We thanked them for their time and hiked back down the steep hillside to the parking lot. Had Timmy been killed for taking pictures he shouldn’t have? Had the killer brought Timmy up that trail in the dark? His mother had reported him missing well after sunset, so there was a good chance. That meant the killer had a headlamp or a helper. Did that matter?
I set that thinking aside and went back to the iPad, looking at an aerial view of the area with pins that marked the locations of the girls’ abandoned car, Timmy’s botched burial site, and his home. The car and the house looked about a mile apart, but the killer had dumped his body miles away.
Why? To try to separate the two cases in the minds of police?
I supposed that was likely, though any detective worth his or her salt would have known the two cases were related. Same day. Same general time frame. The proximity of Timmy’s home to where the girls’ car was found.
So what happened? Did Timmy see the kidnapping, blunder into it somehow, and get killed for it?
That was our working theory when we pulled into the driveway of Timmy Walker’s house, a restored Colonial with fresh paint and a new, seamless metal roof. It was by far the nicest home in this small mountain hamlet where most of the structures looked like hunting camps. Brown leaves covered the modest front yard. A tricycle lay tipped over by the birdbath.
Sampson knocked on the door. No answer.
He knocked harder, and the door opened. A young girl, six or maybe seven, stood there in food-stained pajamas. She had a Winnie-the-Pooh blanket around her shoulders and studied us with red eyes.
“Hi there, young lady,” I said. “We’re police officers. We’d like to talk to your mom.”
“She’s sleeping,” the girl said.
“Can you wake—”
“I’m up!” a woman said, pounding down the stairs.
Mom was in a blue terry-cloth robe and barefoot. Her hair was a mess. Her eyes were puffy, rheumy, and wild when she said, “You get him? Timmy’s killer?”
“Mrs. Walker?” I said.
She came up behind the girl, hugged her. “I’m his mom, Lenore. This is his sister, Kate.”
We identified ourselves, said we’d like to talk to her.

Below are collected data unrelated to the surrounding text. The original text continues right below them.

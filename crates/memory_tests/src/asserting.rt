// How a test ends where a result isn't the wanted one.
use std::fmt::Debug;
use std::process::Abort;

/// Ends the test where the two aren't equal, and reports at which step. It promises nothing, and an assertion of a test's own would be more
/// expensive to prove.
pub(crate) fn same<T: Debug + PartialEq + Drop>(
    rt: &impl Abort,
    step: usize,
    reported: T,
    want: T,
) {
    assert_eq!(rt; reported, want, "at step {step}");
}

“So you didn’t get him?” she asked, bewildered.
“Not yet, ma’am.”
The dead boy’s mom swallowed thickly and looked off in despair. “No one tells me what’s going on. Months Deuce has been gone and no word from anyone in weeks, not the sheriff, not the state police, not the FBI … not even my coward of an ex-husband.” She broke down weeping.
Her daughter scowled at us and then turned around to hug her mother.
“It’s okay, Mommy,” the little girl said. “It’s going to be okay.”
WHEN WE GOT
Lenore Walker calmed down enough to talk, she invited us in, and we learned that she had, by her own description, led a fairly charmed life until the night Timmy disappeared. She’d grown up in the suburbs of Philadelphia and met Tim Walker her junior year at Pennsylvania State.